Metadb
Note: This WOLFcon 2024 presentation gives an overview of the Metadb platform.
In order for the Metadb software to connect to FOLIO, it needs a Kafka data source streaming the changes made in the FOLIO database. The Metadb reporting database can be hosted and administered locally by an institution’s own staff or can be contracted out to a third party hosting service. You can find specific system requirements in the Metadb documentation.
Installing and configuring the Metadb software*
There are three main software components to install for your Metadb implementation: Metadb, marct, and Folio Analytics. In general, install the latest production release for the Metadb and marct software components, which do not have a dependency on FOLIO (flower) software release versions. For FOLIO Analytics, see https://github.com/folio-org/folio-analytics/blob/main/README.md.
Documentation
For detailed information about how to set up and configure the Metadb software, please review this link to access individual links to guides in the Metadb repository. There you also will find the latest versions and fixes of the Metadb software.
Setting up derived tables
To let report users take full advantage of the community-developed report queries as well as having a good starting point for ad hoc querying, it is strongly recommended to set up a nightly update on derived tables.
**Note**: Use of *views* and *materialized views* is not supported in Metadb databases and may cause the software to be unable to perform data updates.You can find instructions in Github on how to set up FOLIO Reporting Derived Tables.
Data privacy
The Metadb software is designed to support GDPR and other data privacy requirements. Administrators can exclude a predefined set of tables.
See the Anonymization Guide for information on how to activate and configure these features.
The pages linked below list attributes that contain potential personal data:
- Users module: tables that will not loaded in Metadb software when anonymization is turned on
- Organizations module: potential personal data in organizations module
Adding local data
As documented in the user guide, it is also possible to load and create local data into your Metadb reporting database.
Using schemas
The concept of schemas allows you to organize tables and permissions within one database.
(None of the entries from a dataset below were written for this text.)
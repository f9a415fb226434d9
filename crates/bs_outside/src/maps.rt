//! Maps from texts to values.
ghost use Rattle.std.specs.Prelude.{◌≡◌, OnOk, OnErr};
ghost use Rattle.std.specs.Option.{option_copied};
ghost use Rattle.std.specs.FinMap as map;

use crate::{NoMemory, Text};
use std::alloc::Global;
use std::collections::BTreeMap;
use std::marker::Model;

/// A value for each of some texts, found through an index. Contracts see the finite map.
#[derive(Drop, Debug)]
pub struct TextMap<V> {
    index: BTreeMap<Text, V>,
}

impl<V> Model for TextMap<V> {
    ghost use Rattle.std.specs.Prelude.{ℕ, List};
    ghost use Rattle.std.specs.FinMap as map;
    ghost use Rattle.std.specs.BTreeMap.{IsOrdered};
    ghost use Rattle.std.specs.Ordering.{nat_cmp};
    ghost use Rattle.std.specs.Cmp.Lexicographic.{slice_cmp};
    ghost use Rattle.std.specs.Coded.{coded_ℕ, coded_list};

    ghost Value = { map.FinMap {K = List ℕ} (slice_cmp nat_cmp) V };

    ghost coded = { map.code (coded_list coded_ℕ) V.code };

    ghost view = { λ a. map.from_sorted a.index.entries };

    ghost invariant = { λ a. IsOrdered (slice_cmp nat_cmp) a.index };
}

impl<V> TextMap<V> {
    /// No texts.
    pub fn new(alloc: Global) -> TextMap<V>
        ensures { result ≡ map.empty }
    {
        TextMap {
            index: BTreeMap::new(alloc),
        }
    }

    /// The text's value.
    pub fn get(&self, text: &Text) -> Option<&V>
        ensures { option_copied result ≡ map.get self.now text.now }
    {
        self.index.get(text)
    }

    /// The texts with their values, in ascending order.
    pub fn index(&self) -> &BTreeMap<Text, V>
        ensures { result.now.entries ≡ map.entries self.now }
    {
        &self.index
    }
}

impl<V: Drop> TextMap<V> {
    /// Gives the text this value, in place of the one that it had.
    pub fn insert(&mut self, text: Text, value: V) -> Result<(), NoMemory>
        ensures ok { OnOk result (self.new ≡ map.insert self.old text value) }
        ensures err { OnErr result (self.new ≡ self.old) }
    {
        self.index.insert(text, value)?;
        Ok(())
    }
}
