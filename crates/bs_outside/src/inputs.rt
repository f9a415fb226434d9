//! Where bytes come from.
ghost use Rattle.std.specs.Prelude.{◌≡◌, ◌<◌, ◌≤◌, [], ℕ, List, Option, length, IfOk, OnErr, IfSome, IsErrOf};
ghost use Rattle.bs_outside.specs.Told.{put_before, Rose};

use crate::{Bytes, InputFault};
use std::alloc::Global;

/// What gives bytes, as standard input.
pub trait Input {
    /// The bytes left, where the object tells them.
    ghost left: { Self → Option (List ℕ) };

    /// How many calls failed.
    ghost faults: { Self → ℕ };

    /// Takes at most `max` bytes from the front, and none of them, where `max` is above 0, only at the end.
    fn take(&mut self, alloc: Global, max: usize) -> Result<Bytes, InputFault>
        ensures within { IfOk result (λ bytes. length bytes ≤ max) }
        ensures ok { IfOk result (λ bytes. left self.old ≡ put_before bytes (left self.new)) }
        ensures end { IfOk result (λ bytes. 0 < max → bytes ≡ [] → IfSome (left self.new) (λ rest. rest ≡ [])) }
        ensures err { OnErr result (left self.new ≡ left self.old) }
        ensures counted { faults self.old ≤ faults self.new }
        ensures failed { IsErrOf result InputFault.Failed → Rose (faults self.old) (faults self.new) };
}
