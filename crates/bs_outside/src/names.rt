//! Names of cache files, their temporaries, and what a load answered.
ghost use Rattle.std.specs.Prelude.{◌≡◌};
ghost use Rattle.bs_outside.specs.Cache.{same_name};

use crate::Bytes;
use std::marker::Model;

/// What a cache file holds: a compiled Ruby file, the value of a YAML or JSON file, or the scans of the load path.
#[derive(Clone, Copy, Debug, PartialEq, Eq)]
pub enum CacheKind {
    Iseq,
    Yaml,
    Json,
    LoadPath,
}

/// The name of a cache file: its kind, and the hash of the path of its source. The hash is 0 for `LoadPath`.
#[derive(Clone, Copy, Debug, PartialEq, Eq)]
pub struct CacheName {
    pub kind: CacheKind,
    pub hash: u64,
}

/// Whether two names are one.
pub fn is_same_name(a: &CacheName, b: &CacheName) -> bool
    ensures { result ≡ same_name a.now b.now }
{
    let same_kind = match (a.kind, b.kind) {
        (CacheKind::Iseq, CacheKind::Iseq)
        | (CacheKind::Yaml, CacheKind::Yaml)
        | (CacheKind::Json, CacheKind::Json)
        | (CacheKind::LoadPath, CacheKind::LoadPath) => true,
        _ => false,
    };
    same_kind && a.hash == b.hash
}

/// A temporary file of a shelf, by the number that its `begin` gave it.
#[derive(Drop, Debug)]
pub struct Temp {
    number: usize,
}

impl Model for Temp {
    ghost use Rattle.std.specs.Prelude.{ℕ};

    ghost Value = { ℕ };

    ghost view = { λ temp. temp.number };
}

impl Temp {
    /// The temporary with this number, for a shelf's `begin`.
    pub fn new(number: usize) -> Temp
        ensures { result ≡ number }
    {
        Temp { number }
    }

    /// Its number.
    pub fn number(&self) -> usize
        ensures { result ≡ self.now }
    {
        self.number
    }
}

/// What a load answered: bytes, that there are none, or that it failed.
#[derive(Drop, Debug)]
pub enum Loaded {
    Found(Bytes),
    Nothing,
    Failed,
}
In Metadb, we have separate schemas for each FOLIO application area:
- public: contains all extracted tables and its current data from the bound FOLIO tenant
- history: stores data that have been updated in the past or may no longer exist
- folio_reporting: contains all derived tables created and supported by the community
- local: common area for report users to create or import own data
Besides using the local schema, you might consider setting up separate schemas for different report user groups or purposes. You are free to create more schemas for your local needs (e.g., to provide data for different departments or to separate and protect sensitive data).
Learn more about the schema concept and how to configure schemas using Postgres’s Schema Documentation.
For a granular setup of permissions, see also the built-in Roles and Privileges concepts of Postgres.
Moving and loading data
Loading and moving data into a Metadb reporting database is as simple as it is for databases in general.
For Postgres there are two common approaches:
- COPY: SQL command for moving table data via csv files
- pg_dump / pg_restore: Postgres command line tools for importing and exporting data
Installing and configuring the Metadb software
For installing and configuring Metadb follow the Metadb Documentation at the Library Data Platform - resources site.